Modus Bisnis Narkoba di Lapas, Sabu Ditaruh di Nasi Bungkus

dok.timlo.net/aditya wijaya
Kapolres Klaten AKBP Faizal (dok.timlo.net/aditya wijaya)

Klaten — Tiga dari empat tersangka rantai peredaran Narkoba dan obat-obatan terlarang di lembaga pemasyarakatan (Lapas) II B Klaten terungkap. Selain melibatkan seorang petugas sipir, transaksi tersebut ternyata dikendalikan salah seorang narapidana (Napi) Lapas yang terletak di Jalan Pemuda Selatan No. 206 Klaten itu.

“Kasat Narkoba mengatakan selalu berkoordinasi dengan baik bersama Kalapas (Kalapas Klaten Budi Prayitno) dalam penangkapan oknum Lapas yang terlibat Narkoba,” ujar Kapolres Klaten AKBP Faizal, Senin (22/2).

Informasi yang berhasil dihimpun, penangkapan Kamis (18/2) malam itu berkat laporan masyarakat. Kejadian bermula saat Napi Hari Purwanto alias Jolembung (33) warga Kabupaten Boyolali meminta petugas penjaga pintu utama (P2U) Lapas Klaten, Sulagi (45) untuk mengambil paket sabu-sabu. Barang haram itu dibawa dua perantara/kurir, yakni Yoga Wendy Ardana (20) warga Kabupaten Sukoharjo, dan Ricky Sanjaya Dewanto (18) warga Jakarta Timur.

“Modusnya, petugas Lapas dimintain tolong seorang Napi ambilkan suatu barang yang diletakkan di pintu utama Lapas di dalam bungkusan nasi bungkus. Setelah diperiksa, ternyata di dalam nasi bungkus terdapat paket sabu seberat 0,60 gram,” ujar Kasat Narkoba Polres Klaten AKP Danang Eko Purwanto.

Sementara itu, petugas P2U Lapas Klaten, Sulagi, membantah dirinya berperan sebagai perantara. Ia mengaku hanya dimintai tolong untuk mengambil barang yang telah diletakkan di luar pintu lapas.

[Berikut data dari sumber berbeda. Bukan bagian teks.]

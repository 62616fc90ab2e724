//! Tries scripts that files of cases hold, over a few protocols, tables and filters: what a script
//! says, or the line at which it is refused; and scripts that may not schedule.
//!
//! The module `names` has the protocols, `answer` says how what a script says is written.
#![tactic(auto)]

mod answer;
mod names;

use cases::{Tally, read};
use std::io;
use std::process::ExitCode;

fn are_read(rt: &HostRuntime, name: &str, schedule: bool) -> io::Result<bool> {
    let mut tally = Tally::new(name);
    for case in read(rt, name)?.iter() {
        let answer = answer::answer(rt.alloc(), case.input.as_slice(), schedule)?;
        tally.note(rt, case, answer.as_str())?;
    }
    tally.finish(rt)
}

fn main(rt: HostRuntime) -> io::Result<ExitCode> {
    let accepted = are_read(&rt, "accepted.txt", true)?;
    let refused = are_read(&rt, "refused.txt", true)?;
    let barred = are_read(&rt, "barred.txt", false)?;
    Ok(if accepted && refused && barred {
        ExitCode::SUCCESS
    } else {
        ExitCode::FAILURE
    })
}
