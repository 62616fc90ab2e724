use crate::names::named;
use attrs::{Select, write_communities, write_optional_number, write_spaced_numbers};
use bits_ip::{Addr, OutOfMemory, Prefix, write_addr, write_number, write_prefix};
use import_core::{Given, Op};
use script_lines::{Condition, Line, Script, ScriptFault, ScriptKind, read_script};
use show_route::Query;
use std::alloc::Global;
use std::io;
use std::io::{Error, ErrorKind};

/// What a script says that may schedule or may not, or why it isn't read.
///
/// Phases are separated by ` / `, lines by `; `, and an empty phase is `-`. An operation is written
/// with its actor's number, its line's and its protocol's: `0@2 p3 del 10.0.0.0/8`; a query with
/// its actor's number, its own and its table's, and what else is asked: `0@ q1 t2 in 10.0.0.0/8 of
/// p3`. Behind ` by ` are those who speak, and behind ` where ` the conditions, each with its
/// line's number, between brackets.
pub fn answer(alloc: Global, text: &[u8], schedule: bool) -> io::Result<String> {
    if text.len() >= 1_000_000 {
        return Err(Error::from(ErrorKind::InvalidInput));
    }
    let Ok(named) = named(alloc, schedule) else {
        return Err(Error::from(ErrorKind::OutOfMemory));
    };
    if named.protocols.len() > 256 || named.channels.len() > 512 {
        return Err(Error::from(ErrorKind::InvalidInput));
    }
    if named.tables.len() > 64 || named.filters.len() > 64 {
        return Err(Error::from(ErrorKind::InvalidInput));
    }
    match read_script(alloc, text, &named) {
        Ok(script) => written(alloc, &script),
        Err(
            ScriptFault::Refused {
                line,
                kind,
                conditions,
            },
        ) => refused(alloc, line, kind, conditions.as_slice()),
        Err(ScriptFault::Memory) => Err(Error::from(ErrorKind::OutOfMemory)),
    }
}

fn refused(
    alloc: Global,
    line: u32,
    kind: ScriptKind,
    conditions: &[Condition],
) -> io::Result<String> {
    let mut out = Vec::from_slice(alloc, format!(in alloc; "{line} {kind}")?.as_bytes())?;
    let written = write_conditions(conditions, &mut out);
    written.map_err(|_| Error::from(ErrorKind::OutOfMemory))?;
    String::from_utf8(out).map_err(|_| Error::from(ErrorKind::InvalidData))
}

fn written(alloc: Global, script: &Script) -> io::Result<String> {
    let mut out = Vec::new(alloc);
    let written = write_script(alloc, script, &mut out);
    written.map_err(|_| Error::from(ErrorKind::OutOfMemory))?;
    String::from_utf8(out).map_err(|_| Error::from(ErrorKind::InvalidData))
}

fn write_script(alloc: Global, script: &Script, out: &mut Vec<u8>) -> Result<(), OutOfMemory> {
    for phase in &script.phases {
        if !out.is_empty() {
            out.extend_from_slice(b" / ")?;
        }
        write_phase(alloc, phase.as_slice(), script.queries.as_slice(), out)?;
    }
    let mut sign = b" by ".as_slice();
    for actor in &script.actors {
        out.extend_from_slice(sign)?;
        out.extend_from_slice(actor.as_slice())?;
        sign = b",".as_slice();
    }
    write_conditions(script.conditions.as_slice(), out)
}

fn write_conditions(conditions: &[Condition], out: &mut Vec<u8>) -> Result<(), OutOfMemory> {
    for condition in conditions {
        out.extend_from_slice(b" where ")?;
        write_number(condition.line, out)?;
        out.extend_from_slice(b"[")?;
        out.extend_from_slice(condition.text.as_slice())?;
        out.extend_from_slice(b"]")?;
    }
    Ok(())
}

fn write_phase(
    alloc: Global,
    lines: &[Line],
    queries: &[Query],
    out: &mut Vec<u8>,
) -> Result<(), OutOfMemory> {
    if lines.is_empty() {
        out.extend_from_slice(b"-")?;
    }
    let mut sign = b"".as_slice();
    for line in lines {
        out.extend_from_slice(sign)?;
        write_line(alloc, line, queries, out)?;
        sign = b"; ".as_slice();
    }
    Ok(())
}

fn write_line(
    alloc: Global,
    line: &Line,
    queries: &[Query],
    out: &mut Vec<u8>,
) -> Result<(), OutOfMemory> {
    match line {
        Line::Take { channel, count } => write_two(b"take ", *channel, b" ", *count, out),
        Line::Push { channel, count } => write_two(b"push ", *channel, b" ", *count, out),
        Line::Apply {
            actor,
            line,
            protocol,
            op,
        } => {
            write_two(b"", *actor, b"@", *line, out)?;
            out.extend_from_slice(b" p")?;
            write_number(*protocol, out)?;
            write_op(alloc, op, out)
        }
        Line::Show { actor, query } => {
            write_two(b"", *actor, b"@ q", *query, out)?;
            match queries.get(*query as usize) {
                Some(asked) => write_query(alloc, asked, out),
                None => Ok(()),
            }
        }
    }
}

fn write_query(alloc: Global, query: &Query, out: &mut Vec<u8>) -> Result<(), OutOfMemory> {
    write_labelled(b" t", Some(query.table), out)?;
    write_pick(alloc, &query.pick, out)?;
    write_labelled(b" filter ", query.choice, out)?;
    write_labelled(b" of p", query.source, out)?;
    write_labelled(b" export p", query.export, out)?;
    write_flag(b" primary", query.primary, out)?;
    write_flag(b" all", query.all, out)?;
    write_flag(b" count", query.count, out)
}

fn write_labelled(label: &[u8], number: Option<u32>, out: &mut Vec<u8>) -> Result<(), OutOfMemory> {
    match number {
        Some(number) => {
            out.extend_from_slice(label)?;
            write_number(number, out)
        }
        None => Ok(()),
    }
}

fn write_flag(label: &[u8], set: bool, out: &mut Vec<u8>) -> Result<(), OutOfMemory> {
    if set {
        out.extend_from_slice(label)?;
    }
    Ok(())
}

fn write_pick(alloc: Global, pick: &Select, out: &mut Vec<u8>) -> Result<(), OutOfMemory> {
    match pick {
        Select::All => Ok(()),
        Select::Exact(net) => write_net(alloc, b" ", net, out),
        Select::For(net) => write_net(alloc, b" for ", net, out),
        Select::Within(net) => write_net(alloc, b" in ", net, out),
    }
}

fn write_net(
    alloc: Global,
    label: &[u8],
    net: &Prefix,
    out: &mut Vec<u8>,
) -> Result<(), OutOfMemory> {
    out.extend_from_slice(label)?;
    write_prefix(alloc, net, out)
}

fn write_two(
    label: &[u8],
    first: u32,
    sign: &[u8],
    second: u32,
    out: &mut Vec<u8>,
) -> Result<(), OutOfMemory> {
    out.extend_from_slice(label)?;
    write_number(first, out)?;
    out.extend_from_slice(sign)?;
    write_number(second, out)
}

fn write_op(alloc: Global, op: &Op, out: &mut Vec<u8>) -> Result<(), OutOfMemory> {
    match op {
        Op::Start => out.extend_from_slice(b" start")?,
        Op::SessionUp(id) => {
            out.extend_from_slice(b" open ")?;
            write_addr(alloc, &Addr::V4(*id), out)?;
        }
        Op::Add(net, given) => write_add(alloc, net, given, out)?,
        Op::Del(net) => {
            out.extend_from_slice(b" del ")?;
            write_prefix(alloc, net, out)?;
        }
        Op::SessionDown => out.extend_from_slice(b" close")?,
        Op::Disable => out.extend_from_slice(b" disable")?,
        Op::Enable => out.extend_from_slice(b" enable")?,
        Op::ReloadIn => out.extend_from_slice(b" reload in")?,
        Op::ReloadOut => out.extend_from_slice(b" reload out")?,
        Op::Reload => out.extend_from_slice(b" reload")?,
    }
    Ok(())
}

fn write_add(
    alloc: Global,
    net: &Prefix,
    given: &Given,
    out: &mut Vec<u8>,
) -> Result<(), OutOfMemory> {
    out.extend_from_slice(b" add ")?;
    write_prefix(alloc, net, out)?;
    out.extend_from_slice(b" via ")?;
    write_addr(alloc, &given.gw, out)?;
    out.extend_from_slice(b" path")?;
    write_spaced_numbers(given.path.as_slice(), out)?;
    out.extend_from_slice(b" origin ")?;
    out.extend_from_slice(given.origin.word().as_bytes())?;
    write_optional_number(" med ", given.med, out)?;
    write_optional_number(" lp ", given.lp, out)?;
    write_optional_number(" igp ", given.igp, out)?;
    write_communities(&given.coms, out)
}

“Saya ditelepon orang dalam (Napi) kamar 15. Saya tidak tahu kalau di dalam nasi bungkus itu ada sabu. Setelah saya ambil barang itu, lalu saya taruh di lemari. Kemudian polisi datang menggeledah dan menangkap saya,” ucapnya dalam gelar perkara di Mapolres Klaten, Senin (22/2).

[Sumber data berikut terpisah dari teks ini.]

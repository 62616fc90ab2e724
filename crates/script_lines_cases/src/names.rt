//! What the scripts of the tables can name.
use attrs::Seq;
use bits_ip::{Family, OutOfMemory};
use script_lines::{Name, NameList, Named, NamedProtocol, NamedTable, ProtocolKind};
use std::alloc::Global;

/// A name of 64 bytes.
const LONG: &[u8] = b"long-name-of-sixty-four-bytes-0123456789-0123456789-0123456789-x";

fn protocol(
    alloc: Global,
    name: &[u8],
    kind: ProtocolKind,
    table: u32,
) -> Result<NamedProtocol, OutOfMemory> {
    let name = Name::new(alloc, name)?;
    Ok(NamedProtocol { name, kind, table })
}

fn protocols(alloc: Global) -> Result<Vec<NamedProtocol>, OutOfMemory> {
    let mut all = Vec::new(alloc);
    all.push(protocol(alloc, b"p1", ProtocolKind::Bgp(Family::V4), 0)?)?;
    all.push(protocol(alloc, b"p2", ProtocolKind::Bgp(Family::V4), 2)?)?;
    all.push(protocol(alloc, b"v6.up", ProtocolKind::Bgp(Family::V6), 1)?)?;
    all.push(protocol(alloc, b"agg", ProtocolKind::Static(Family::V4), 0)?)?;
    all.push(protocol(alloc, b"a", ProtocolKind::Pipe, 0)?)?;
    all.push(protocol(alloc, LONG, ProtocolKind::Pipe, 1)?)?;
    all.push(protocol(alloc, b"out", ProtocolKind::Bgp(Family::V4), 0)?)?;
    Ok(all)
}

fn channels(alloc: Global) -> Result<Vec<Name>, OutOfMemory> {
    let mut all = Vec::new(alloc);
    all.push(Name::new(alloc, b"p1")?)?;
    all.push(Name::new(alloc, b"p2")?)?;
    all.push(Name::new(alloc, b"v6.up")?)?;
    all.push(Name::new(alloc, b"a.export")?)?;
    all.push(Name::new(alloc, b"a.import")?)?;
    let mut export = Vec::from_slice(alloc, LONG)?;
    export.extend_from_slice(b".export")?;
    all.push(Name::new(alloc, export.as_slice())?)?;
    all.push(Name::new(alloc, b"out")?)?;
    Ok(all)
}

fn table(alloc: Global, name: &[u8], family: Family) -> Result<NamedTable, OutOfMemory> {
    let name = Name::new(alloc, name)?;
    Ok(NamedTable { name, family })
}

fn tables(alloc: Global) -> Result<Vec<NamedTable>, OutOfMemory> {
    let mut all = Vec::new(alloc);
    all.push(table(alloc, b"master4", Family::V4)?)?;
    all.push(table(alloc, b"master6", Family::V6)?)?;
    all.push(table(alloc, b"t4", Family::V4)?)?;
    all.push(table(alloc, b"t6", Family::V6)?)?;
    all.push(table(alloc, b"all", Family::V4)?)?;
    Ok(all)
}

fn filters(alloc: Global) -> Result<Vec<Name>, OutOfMemory> {
    let mut all = Vec::new(alloc);
    all.push(Name::new(alloc, b"keep")?)?;
    all.push(Name::new(alloc, b"count")?)?;
    Ok(all)
}

/// The protocols, from 0: the bgp protocols p1 and p2 of IPv4, v6.up of IPv6, the static one agg,
/// the pipe a, a pipe with a name of 64 bytes, and the bgp protocol out; and their channels. The
/// tables: master4 and master6, t4 that p2 reads, t6, and one called all. The filters keep and
/// count.
pub fn named(alloc: Global, schedule: bool) -> Result<Named, OutOfMemory> {
    let protocols = Seq::from_vec(protocols(alloc)?);
    let channels = Seq::from_vec(channels(alloc)?);
    let tables = Seq::from_vec(tables(alloc)?);
    let filters = NameList::make(alloc, filters(alloc)?)?;
    Ok(Named {
        protocols,
        channels,
        tables,
        filters,
        schedule,
    })
}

Dari penggerebekan itu, petugas menyita 12 paket sabu-sabu seberat 11,09 gram dari tangan dua kurir. Untuk mempertanggungjawabkan perbuatannya, para tersangka dijerat pasal 114 dan atau pasal 112 dan atau pasal 132 dengan ancaman hukuman penjara maksimal 20 tahun hingga seumur hidup.

 

“Kami bersama Kalapas berkomitmen membabat habis peredaran Narkoba. Kami akan berusaha membongkar jaringannya dan bandar besarnya,” tandas Kapolres Klaten AKBP Faizal.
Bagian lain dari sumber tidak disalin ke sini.